9. \(G/H\isom \overline{G}/\overline{H}\) if \(H\isom\overline{H}\text{?}\)

Let \(\phi: G \to \overline{G}\) be a surjective group homomorphism. Let \(H\) be a normal subgroup of \(G\) and suppose \(\phi(H)=\overline{H}\text{.}\) Prove or disprove that \(G/H \cong \overline{G}/\overline{H}\text{.}\)
Solution.
We show by counterexample that this is false.

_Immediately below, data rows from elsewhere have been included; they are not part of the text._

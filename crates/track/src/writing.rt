//! An answer, written piece by piece.
ghost use Rattle.std.specs.Prelude.{◌≡◌, [], IfErr, OnOk};
ghost use Rattle.outside.specs.Bytes.{append_known};
ghost use Rattle.directory.specs.Outcomes.{result_of};
ghost use Rattle.json_form.specs.Reports.{report_json_of};
ghost use Rattle.report_text.specs.PlanText.{plan_text_of};
ghost use Rattle.report_text.specs.ReportText.{refused_line_of, report_of};
ghost use Rattle.track.specs.Bodies.{text_of};
ghost use Rattle.track.specs.Transfer.{StopsWriting};

use crate::answer::Body;
use crate::outlet::Outlet;
use crate::pieces::Pieces;
use crate::stop::WriteStop;
use crate::transfer::write_all;
use directory::Outcome;
use json_form::ReportParts;
use net_reader::InputFault;
use outside::Sink;
use region_plan::Plan;
use report_text::{Lines, PlanParts, refused_line};
use std::alloc::Global;

// All pieces of a text into the sink, through the outlet.
fn pass_pieces<P: Pieces, K: Sink>(
    pieces: &mut P,
    outlet: &mut Outlet,
    sink: &mut K,
) -> Result<(), WriteStop>
    requires { outlet.old ≡ [] }
    ensures all { OnOk result (K.written sink.new
        ≡ append_known (K.written sink.old) (P.left pieces.old)) }
    ensures no_fault { OnOk result (K.faults sink.new ≡ K.faults sink.old) }
    ensures stops { IfErr result (λ stop. StopsWriting stop (P.left pieces.old)
        (K.written sink.old) (K.written sink.new) (K.faults sink.old) (K.faults sink.new)) }
{
    'pieces: while pieces.make_next() {
        outlet.pass_on(sink, pieces.made())?;
    }
    outlet.flush(sink)
}

// All pieces of a text into the sink. All memory is taken before the first byte is written.
pub(crate) fn write_pieces<P: Pieces, K: Sink>(
    alloc: Global,
    pieces: &mut P,
    sink: &mut K,
) -> Result<(), WriteStop>
    ensures all { OnOk result (K.written sink.new
        ≡ append_known (K.written sink.old) (P.left pieces.old)) }
    ensures no_fault { OnOk result (K.faults sink.new ≡ K.faults sink.old) }
    ensures stops { IfErr result (λ stop. StopsWriting stop (P.left pieces.old)
        (K.written sink.old) (K.written sink.new) (K.faults sink.old) (K.faults sink.new)) }
{
    let mut outlet = Outlet::new(alloc)?;
    pass_pieces(pieces, &mut outlet, sink)
}

// The text of a plan into the sink.
fn write_plan<K: Sink>(alloc: Global, plan: &Plan, sink: &mut K) -> Result<(), WriteStop>
    ensures all { OnOk result (K.written sink.new
        ≡ append_known (K.written sink.old) (plan_text_of plan.now)) }
    ensures no_fault { OnOk result (K.faults sink.new ≡ K.faults sink.old) }
    ensures stops { IfErr result (λ stop. StopsWriting stop (plan_text_of plan.now)
        (K.written sink.old) (K.written sink.new) (K.faults sink.old) (K.faults sink.new)) }
{
    let mut parts = PlanParts::new(alloc, plan)?;
    write_pieces(alloc, &mut parts, sink)
}

// The report of an outcome into the sink.
fn write_report<K: Sink>(alloc: Global, outcome: &Outcome, sink: &mut K) -> Result<(), WriteStop>
    ensures all { OnOk result (K.written sink.new
        ≡ append_known (K.written sink.old) (report_of (result_of outcome.now))) }
    ensures no_fault { OnOk result (K.faults sink.new ≡ K.faults sink.old) }
    ensures stops { IfErr result (λ stop. StopsWriting stop (report_of (result_of outcome.now))
        (K.written sink.old) (K.written sink.new) (K.faults sink.old) (K.faults sink.new)) }
{
    let mut lines = Lines::new(alloc, outcome)?;
    write_pieces(alloc, &mut lines, sink)
}

// The report of an outcome into the sink, as JSON.
fn write_json<K: Sink>(alloc: Global, outcome: &Outcome, sink: &mut K) -> Result<(), WriteStop>
    ensures all { OnOk result (K.written sink.new
        ≡ append_known (K.written sink.old) (report_json_of (result_of outcome.now))) }
    ensures no_fault { OnOk result (K.faults sink.new ≡ K.faults sink.old) }
    ensures stops { IfErr result (λ stop. StopsWriting stop (report_json_of (result_of outcome.now))
        (K.written sink.old) (K.written sink.new) (K.faults sink.old) (K.faults sink.new)) }
{
    let mut parts = ReportParts::new(alloc, outcome)?;
    write_pieces(alloc, &mut parts, sink)
}

// The line that refuses an input into the sink.
fn write_refusal<K: Sink>(alloc: Global, fault: InputFault, sink: &mut K) -> Result<(), WriteStop>
    ensures all { OnOk result (K.written sink.new
        ≡ append_known (K.written sink.old) (refused_line_of fault)) }
    ensures no_fault { OnOk result (K.faults sink.new ≡ K.faults sink.old) }
    ensures stops { IfErr result (λ stop. StopsWriting stop (refused_line_of fault)
        (K.written sink.old) (K.written sink.new) (K.faults sink.old) (K.faults sink.new)) }
{
    let line = refused_line(alloc, fault)?;
    write_all(sink, &line)
}

// The text of an answer into the sink. All memory is taken before the first byte is written.
pub(crate) fn write_body<K: Sink>(alloc: Global, body: &Body, sink: &mut K) -> Result<(), WriteStop>
    ensures all { OnOk result (K.written sink.new
        ≡ append_known (K.written sink.old) (text_of body.now)) }
    ensures no_fault { OnOk result (K.faults sink.new ≡ K.faults sink.old) }
    ensures stops { IfErr result (λ stop. StopsWriting stop (text_of body.now)
        (K.written sink.old) (K.written sink.new) (K.faults sink.old) (K.faults sink.new)) }
{
    match body {
        Body::Plan(plan) => write_plan(alloc, plan, sink),
        Body::Report(outcome) => write_report(alloc, outcome, sink),
        Body::Json(outcome) => write_json(alloc, outcome, sink),
        Body::Text(text) => write_all(sink, text),
        Body::Refusal(fault) => write_refusal(alloc, *fault, sink),
    }
}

Let \(\phi:G \to \{e\}\) be the trivial homomorphism \(\phi(g)=e\text{.}\) Then for any normal subgroup \(H\) of \(G\) we have \(\phi(H)=\phi(G)=\{e\}\) so \(\phi\) is surjective and we have \(\overline{G}/\overline{H}=\{e\}/\{e\}\cong \{e\}\text{,}\) but \(G/H\) will have order greater than 1 whenever \(H\) is a proper normal subgroup of \(G\text{.}\) The correct result is that \(G/\phi^{-1}(\overline{H})\cong \overline{G}/\overline{H}\text{.}\) The issue with the above is that \(\phi^{-1}(\overline{H})\) is in general larger than \(H\text{,}\) unless \(\ker\phi \leq H\text{.}\)
Problem Specs/Notes: This problem needs careful thinking about the details for a Success - there are some subtleties.